Your instructions — The lines to be extracted run from the start of the listing through the line containing "a definition defines."; copy them exactly and nothing else.
^^^^^^^^
//! The variables of an operation: KnownTypeNames, VariablesAreInputTypes and DefaultValuesOfCorrectType (sections 2.11, 5.8.2 and
//! 5.6.1 of the Specification).

ghost use Rattle.std.specs.Prelude.{◌≡◌, ◌++◌, IfOk, OnOk, [], codes, map, string_bytes};
ghost use Rattle.std.specs.List.{flat_map};
ghost use Rattle.graphql_spec.specs.Display.{display};
ghost use Rattle.graphql_spec.specs.Types.{type_text};
ghost use Rattle.graphql_spec.specs.Written.{defined_variables};
ghost use Rattle.juniper_syntax.specs.Positions.{view_spanning};
ghost use Rattle.juniper_schema.specs.SchemaView.{view_schema};
ghost use Rattle.juniper_syntax.specs.DocumentView.{view_definition, view_variable};
ghost use Rattle.juniper_syntax.specs.InputView.{view_input};
ghost use Rattle.juniper_syntax.specs.TypeView.{view_type};
ghost use Rattle.juniper_written.specs.WrittenView.{view_variables};
ghost use Rattle.juniper_explain.specs.Adding.{Adds};
ghost use Rattle.juniper_explain.specs.Nodes.{misfit, other_variable, unknown_type, wrong_default};
ghost use Rattle.juniper_explain.specs.Words.{type_word};

use crate::conditions::explain_type;
use crate::explanation::{Explanation, add};
use crate::rule::Rule;
use juniper_schema::SchemaType;
use juniper_syntax::{
    DefinedVariable, Definition, InputValue, ScalarValue, Span, Spanning, Type, VariableDefinitions,
};
use juniper_type_rules::owned_type;
use std::alloc::{AllocError, Global};

/// The variables that a definition defines.
#[tactic(auto, unfolding(graphql_spec::specs::Written::defined_variables, graphql_spec::specs::Documents::variables_of))]
pub(crate) fn variables_of<'v, 'a, S: ScalarValue>(
    definition: &'v Definition<'a, S>,
) -> &'v [DefinedVariable<'a, S>]
    ensures { map (view_variable S.shown) result.now ≡ defined_variables (view_definition S.shown definition.now) }
{
    match definition {
        Definition::Operation(operation) => listed(&operation.item.variable_definitions),
        Definition::Fragment(_) => no_variables(definition),
    }
}

/// No variables.
fn no_variables<'v, 'a, S: ScalarValue>(
    _definition: &'v Definition<'a, S>,
) -> &'v [DefinedVariable<'a, S>]
    ensures { result.now ≡ [] }
{
    &[]
}

/// The variables of a list, where there is one.
pub(crate) fn listed<'v, 'a, S: ScalarValue>(
    variables: &'v Option<Spanning<VariableDefinitions<'a, S>, Span>>,
) -> &'v [DefinedVariable<'a, S>]
    ensures { map (view_variable S.shown) result.now ≡ view_variables S.shown variables.now }
{
    match variables {
        Some(variables) => variables.item.items.as_slice(),
        None => none_listed(variables),
    }
}

/// No variables.
fn none_listed<'v, 'a, S: ScalarValue>(
    _variables: &'v Option<Spanning<VariableDefinitions<'a, S>, Span>>,
) -> &'v [DefinedVariable<'a, S>]
    ensures { result.now ≡ [] }
{
    &[]
}

/// Explains the variables at whose types' innermost names nothing is declared.
pub(crate) fn explain_unknown_variables<S: ScalarValue>(
    alloc: Global,
    schema: &SchemaType<S>,
    variables: &[DefinedVariable<'_, S>],
    explanations: &mut Vec<Explanation>,
) -> Result<(), AllocError>
    ensures { OnOk result (Adds explanations.old.items explanations.new.items
        (flat_map (λ v. unknown_type (view_schema S.shown schema.now) (type_word v)) (map (view_variable S.shown) variables.now))) }
{
    for variable in variables {
        explain_unknown_variable(alloc, schema, variable, explanations)?;
    }
    Ok(())
}

/// Explains a variable at whose type's innermost name nothing is declared.
fn explain_unknown_variable<S: ScalarValue>(
    alloc: Global,
    schema: &SchemaType<S>,
    variable: &DefinedVariable<'_, S>,
    explanations: &mut Vec<Explanation>,
) -> Result<(), AllocError>
    ensures { OnOk result (Adds explanations.old.items explanations.new.items
        (unknown_type (view_schema S.shown schema.now) (type_word (view_variable S.shown variable.now)))) }
{
    let reference = &variable.1.var_type;
    let word = Spanning::new(reference.span, reference.item.innermost_name());
    explain_type(alloc, schema, &word, explanations)
}

/// Explains the variables that are of no scalar, enum or input object.
pub(crate) fn explain_other_variables<S: ScalarValue>(
    alloc: Global,
    schema: &SchemaType<S>,
    variables: &[DefinedVariable<'_, S>],
    explanations: &mut Vec<Explanation>,
) -> Result<(), AllocError>
    ensures { OnOk result (Adds explanations.old.items explanations.new.items
        (flat_map (other_variable (view_schema S.shown schema.now)) (map (view_variable S.shown) variables.now))) }
{
    for variable in variables {
        explain_other_variable(alloc, schema, variable, explanations)?;
    }
    Ok(())
}

/// Explains a variable that is of no scalar, enum or input object.
#[tactic(auto, unfolding(crate::specs::Nodes::other_variable, crate::specs::Explanations::found))]
fn explain_other_variable<S: ScalarValue>(
    alloc: Global,
    schema: &SchemaType<S>,
    variable: &DefinedVariable<'_, S>,
    explanations: &mut Vec<Explanation>,
) -> Result<(), AllocError>
    ensures { OnOk result (Adds explanations.old.items explanations.new.items
        (other_variable (view_schema S.shown schema.now) (view_variable S.shown variable.now))) }
{
    let reference = &variable.1.var_type.item;
    if schema.is_input(reference.innermost_name()) {
        return Ok(());
    }
    let message = other_text(alloc, variable.0.item, reference)?;
    add(
        explanations,
        Rule::VariablesAreInputTypes,
        variable.0.span.start,
        message,
    )
}

/// What is said of such a variable.
fn other_text(alloc: Global, name: &str, reference: &Type<&str>) -> Result<String, AllocError>
    ensures { IfOk result (λ t. string_bytes t ≡ codes "Variable `$" ++ (name.now ++ (codes "` is of `"
        ++ (type_text (view_type (λ n. n.now) reference.now) ++ codes "`, which is no input type")))) }
{
    format!(in alloc; "Variable `${name}` is of `{reference}`, which is no input type")
}

/// Explains the defaults that do not fit their variables' types.
pub(crate) fn explain_defaults<S: ScalarValue>(
    alloc: Global,
    schema: &SchemaType<S>,
    variables: &[DefinedVariable<'_, S>],
    explanations: &mut Vec<Explanation>,
) -> Result<(), AllocError>
    ensures { OnOk result (Adds explanations.old.items explanations.new.items
        (flat_map (λ v. wrong_default (view_schema S.shown schema.now) v v.default) (map (view_variable S.shown) variables.now))) }
{
    for variable in variables {
        explain_default(alloc, schema, variable, explanations)?;
    }
    Ok(())
}

/// Explains a default that does not fit its variable's type.
fn explain_default<S: ScalarValue>(
    alloc: Global,
    schema: &SchemaType<S>,
    variable: &DefinedVariable<'_, S>,
    explanations: &mut Vec<Explanation>,
) -> Result<(), AllocError>
    ensures { OnOk result (Adds explanations.old.items explanations.new.items
        (wrong_default (view_schema S.shown schema.now) (view_variable S.shown variable.now) (view_variable S.shown variable.now).default)) }
{
    match &variable.1.default_value {
        Some(value) => {
            let reference = owned_type(alloc, &variable.1.var_type.item)?;
            let name = variable.0.item;
            explain_misfit(alloc, schema, name, value, &reference, explanations)
        }
        None => Ok(()),
    }
}

/// Explains a default that does not fit the type of the variable of a name.
#[tactic(auto, unfolding(crate::specs::Nodes::misfit, crate::specs::Explanations::found))]
fn explain_misfit<S: ScalarValue>(
    alloc: Global,
    schema: &SchemaType<S>,
    name: &str,
    value: &Spanning<InputValue<S>, Span>,
    reference: &Type<String>,
    explanations: &mut Vec<Explanation>,
) -> Result<(), AllocError>
    ensures { OnOk result (Adds explanations.old.items explanations.new.items
        (misfit (view_schema S.shown schema.now) name.now (view_spanning (view_input S.shown) value.now) (view_type (λ n. string_bytes n) reference.now))) }
{
    if schema.fits(&value.item, reference, false) {
        return Ok(());
    }
    let message = default_text(alloc, &value.item, name, reference)?;
    add(
        explanations,
        Rule::DefaultValuesOfCorrectType,
        value.span.start,
        message,
    )
}

/// What is said of such a default.
pub(crate) fn default_text<S: ScalarValue>(
    alloc: Global,
    value: &InputValue<S>,
    name: &str,
    reference: &Type<String>,
) -> Result<String, AllocError>
    ensures { IfOk result (λ t. string_bytes t ≡ codes "Default `" ++ (display (view_input S.shown value.now) ++ (codes "` of `$"
        ++ (name.now ++ (codes "` is no `" ++ (type_text (view_type (λ n. string_bytes n) reference.now) ++ codes "`")))))) }
{
    format!(in alloc; "Default `{value}` of `${name}` is no `{reference}`")
}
^^^^^^^^
Output of the task —
//! The variables of an operation: KnownTypeNames, VariablesAreInputTypes and DefaultValuesOfCorrectType (sections 2.11, 5.8.2 and
//! 5.6.1 of the Specification).

ghost use Rattle.std.specs.Prelude.{◌≡◌, ◌++◌, IfOk, OnOk, [], codes, map, string_bytes};
ghost use Rattle.std.specs.List.{flat_map};
ghost use Rattle.graphql_spec.specs.Display.{display};
ghost use Rattle.graphql_spec.specs.Types.{type_text};
ghost use Rattle.graphql_spec.specs.Written.{defined_variables};
ghost use Rattle.juniper_syntax.specs.Positions.{view_spanning};
ghost use Rattle.juniper_schema.specs.SchemaView.{view_schema};
ghost use Rattle.juniper_syntax.specs.DocumentView.{view_definition, view_variable};
ghost use Rattle.juniper_syntax.specs.InputView.{view_input};
ghost use Rattle.juniper_syntax.specs.TypeView.{view_type};
ghost use Rattle.juniper_written.specs.WrittenView.{view_variables};
ghost use Rattle.juniper_explain.specs.Adding.{Adds};
ghost use Rattle.juniper_explain.specs.Nodes.{misfit, other_variable, unknown_type, wrong_default};
ghost use Rattle.juniper_explain.specs.Words.{type_word};

use crate::conditions::explain_type;
use crate::explanation::{Explanation, add};
use crate::rule::Rule;
use juniper_schema::SchemaType;
use juniper_syntax::{
    DefinedVariable, Definition, InputValue, ScalarValue, Span, Spanning, Type, VariableDefinitions,
};
use juniper_type_rules::owned_type;
use std::alloc::{AllocError, Global};

/// The variables that a definition defines.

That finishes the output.